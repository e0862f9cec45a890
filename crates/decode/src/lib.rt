// The keys of an entity, written into their slots.
#![tactic(auto)]

pub mod sizes; // how large things may be

ghost use Rattle.std.specs.Prelude.{◌≡◌, ◌+◌, ◌*◌, ◌≤◌, ◌<◌, [], ◌∷◌, ◌++◌, length, take, drop};
ghost use Rattle.decode.specs.Key.{decimal_of, dated_key, prefixed, direction_text, head_of, tail_of};
ghost use Rattle.realtime_views.specs.Promises.Views.{part_in, PartInside, view_direction};
ghost use Rattle.basics.specs.Options.{maybe};
ghost use Rattle.decode.specs.Sizes.{key_bytes, most_feed, most_id, most_date, most_time};
ghost use Rattle.decode.specs.Promises.Written.{Added};
ghost use Rattle.decode.specs.Promises.Keyed.{Room, Short, Keyed};

use realtime_views::{TextPart, Trip};
use sizes::KEY_BYTES;

// All of x goes in at `at`.
fn add(out: &mut [u8], at: usize, x: &[u8]) -> usize
    requires { at + length x.now ≤ length out.old }
    ensures { Added out.old at x.now out.new result }
{
    let n = x.len();
    slices::copy(out, at, x);
    at + n
}

fn add_byte(out: &mut [u8], at: usize, b: u8) -> usize
    requires { at < length out.old }
    ensures { Added out.old at (b ∷ []) out.new result }
{
    out[at] = b;
    at + 1
}

fn digit(n: u32) -> u8
    requires { n < 10 }
    ensures { result ≡ 48 + n }
{
    b'0' + n as u8
}

// n in decimal, at most k digits.
fn decimal(k: usize, out: &mut [u8], at: usize, n: u32) -> usize
    requires { at + k ≤ length out.old }
    ensures { Added out.old at (decimal_of k n) out.new result }
{
    if k == 0 {
        return at;
    }
    if n < 10 {
        return add_byte(out, at, digit(n));
    }
    let p = decimal(k - 1, out, at, n / 10);
    add_byte(out, p, digit(n % 10))
}

// A key that stands in the message, into slot n: how long it is.
pub fn write_key(keys: &mut [u8], n: usize, message: &[u8], start: usize, len: usize) -> usize
    requires room { Room keys.old n }
    requires len_in_bounds { (start + len ≤ length message.now) × (len ≤ key_bytes) }
    ensures { Keyed keys.old n (take len (drop start message.now)) keys.new result }
{
    add(keys, KEY_BYTES * n, slices::part(message, start, len)) - KEY_BYTES * n
}

// The raw trip id of an entity with its date.
pub fn write_dated(keys: &mut [u8], n: usize, message: &[u8], t: Trip) -> usize
    requires room { Room keys.old n }
    requires short { Short message.now t }
    ensures { Keyed keys.old n
        (dated_key (part_in message.now t.id) (part_in message.now t.date))
        keys.new result }
{
    let p = add(
        keys,
        KEY_BYTES * n,
        slices::part(message, t.id.start, t.id.len),
    );
    let q = add_byte(keys, p, b'@');
    add(keys, q, slices::part(message, t.date.start, t.date.len)) - KEY_BYTES * n
}

// feed:route, and nothing where there is no route: 16 + 1 + 64 bytes at most.
fn write_route(keys: &mut [u8], at: usize, feed: &[u8], message: &[u8], route: TextPart) -> usize
    requires at_in_bounds { (at + 81 ≤ length keys.old) × (length feed.now ≤ most_feed) }
    requires part_inside { PartInside (length message.now) route × (route.len ≤ most_id) }
    ensures { Added keys.old at
        (prefixed feed.now (part_in message.now route)) keys.new result }
{
    if route.len == 0 {
        return at;
    }
    let p = add(keys, at, feed);
    let q = add_byte(keys, p, b':');
    add(keys, q, slices::part(message, route.start, route.len))
}

// A direction has 10 digits at most.
fn write_direction(keys: &mut [u8], at: usize, direction: Option<u32>) -> usize
    requires { at + 10 ≤ length keys.old }
    ensures { Added keys.old at
        (direction_text (maybe (view_direction direction))) keys.new result }
{
    match direction {
        Some(d) => decimal(10, keys, at, d),
        None => at,
    }
}

// #r=, 81 bytes of a route, &d= and a direction: 97 at most.
fn write_head(keys: &mut [u8], at: usize, feed: &[u8], message: &[u8], t: Trip) -> usize
    requires at_in_bounds { (at + 97 ≤ length keys.old) × (length feed.now ≤ most_feed) }
    requires short { Short message.now t }
    ensures { Added keys.old at
        (head_of feed.now (part_in message.now t.route) (maybe (view_direction t.direction)))
        keys.new result }
{
    let a = add(keys, at, b"#r=");
    let b = write_route(keys, a, feed, message, t.route);
    let c = add(keys, b, b"&d=");
    write_direction(keys, c, t.direction)
}

// &sd= and a date, &st= and a time: 40 bytes at most.
fn write_tail(keys: &mut [u8], at: usize, message: &[u8], date: TextPart, time: TextPart) -> usize
    requires at_in_bounds { at + 40 ≤ length keys.old }
    requires part_inside { PartInside (length message.now) date × (date.len ≤ most_date) }
    requires part_inside_2 { PartInside (length message.now) time × (time.len ≤ most_time) }
    ensures { Added keys.old at
        (tail_of (part_in message.now date) (part_in message.now time)) keys.new result }
{
    let a = add(keys, at, b"&sd=");
    let b = add(keys, a, slices::part(message, date.start, date.len));
    let c = add(keys, b, b"&st=");
    add(keys, c, slices::part(message, time.start, time.len))
}

// The key of an entity without a trip id.
pub fn write_incomplete(keys: &mut [u8], n: usize, feed: &[u8], message: &[u8], t: Trip) -> usize
    requires room { Room keys.old n }
    requires feed_len_bound { length feed.now ≤ most_feed }
    requires short { Short message.now t }
    ensures { Keyed keys.old n
        (head_of feed.now (part_in message.now t.route) (maybe (view_direction t.direction))
        ++ tail_of (part_in message.now t.date) (part_in message.now t.time))
        keys.new result }
{
    let p = write_head(keys, KEY_BYTES * n, feed, message, t);
    write_tail(keys, p, message, t.date, t.time) - KEY_BYTES * n
}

--------

Your assignment: The requested output is the line holding "97 at most." and every line after it up to the last line of the listing, exactly, with nothing else.

Finished exercise:
// #r=, 81 bytes of a route, &d= and a direction: 97 at most.
fn write_head(keys: &mut [u8], at: usize, feed: &[u8], message: &[u8], t: Trip) -> usize
    requires at_in_bounds { (at + 97 ≤ length keys.old) × (length feed.now ≤ most_feed) }
    requires short { Short message.now t }
    ensures { Added keys.old at
        (head_of feed.now (part_in message.now t.route) (maybe (view_direction t.direction)))
        keys.new result }
{
    let a = add(keys, at, b"#r=");
    let b = write_route(keys, a, feed, message, t.route);
    let c = add(keys, b, b"&d=");
    write_direction(keys, c, t.direction)
}

// &sd= and a date, &st= and a time: 40 bytes at most.
fn write_tail(keys: &mut [u8], at: usize, message: &[u8], date: TextPart, time: TextPart) -> usize
    requires at_in_bounds { at + 40 ≤ length keys.old }
    requires part_inside { PartInside (length message.now) date × (date.len ≤ most_date) }
    requires part_inside_2 { PartInside (length message.now) time × (time.len ≤ most_time) }
    ensures { Added keys.old at
        (tail_of (part_in message.now date) (part_in message.now time)) keys.new result }
{
    let a = add(keys, at, b"&sd=");
    let b = add(keys, a, slices::part(message, date.start, date.len));
    let c = add(keys, b, b"&st=");
    add(keys, c, slices::part(message, time.start, time.len))
}

// The key of an entity without a trip id.
pub fn write_incomplete(keys: &mut [u8], n: usize, feed: &[u8], message: &[u8], t: Trip) -> usize
    requires room { Room keys.old n }
    requires feed_len_bound { length feed.now ≤ most_feed }
    requires short { Short message.now t }
    ensures { Keyed keys.old n
        (head_of feed.now (part_in message.now t.route) (maybe (view_direction t.direction))
        ++ tail_of (part_in message.now t.date) (part_in message.now t.time))
        keys.new result }
{
    let p = write_head(keys, KEY_BYTES * n, feed, message, t);
    write_tail(keys, p, message, t.date, t.time) - KEY_BYTES * n
}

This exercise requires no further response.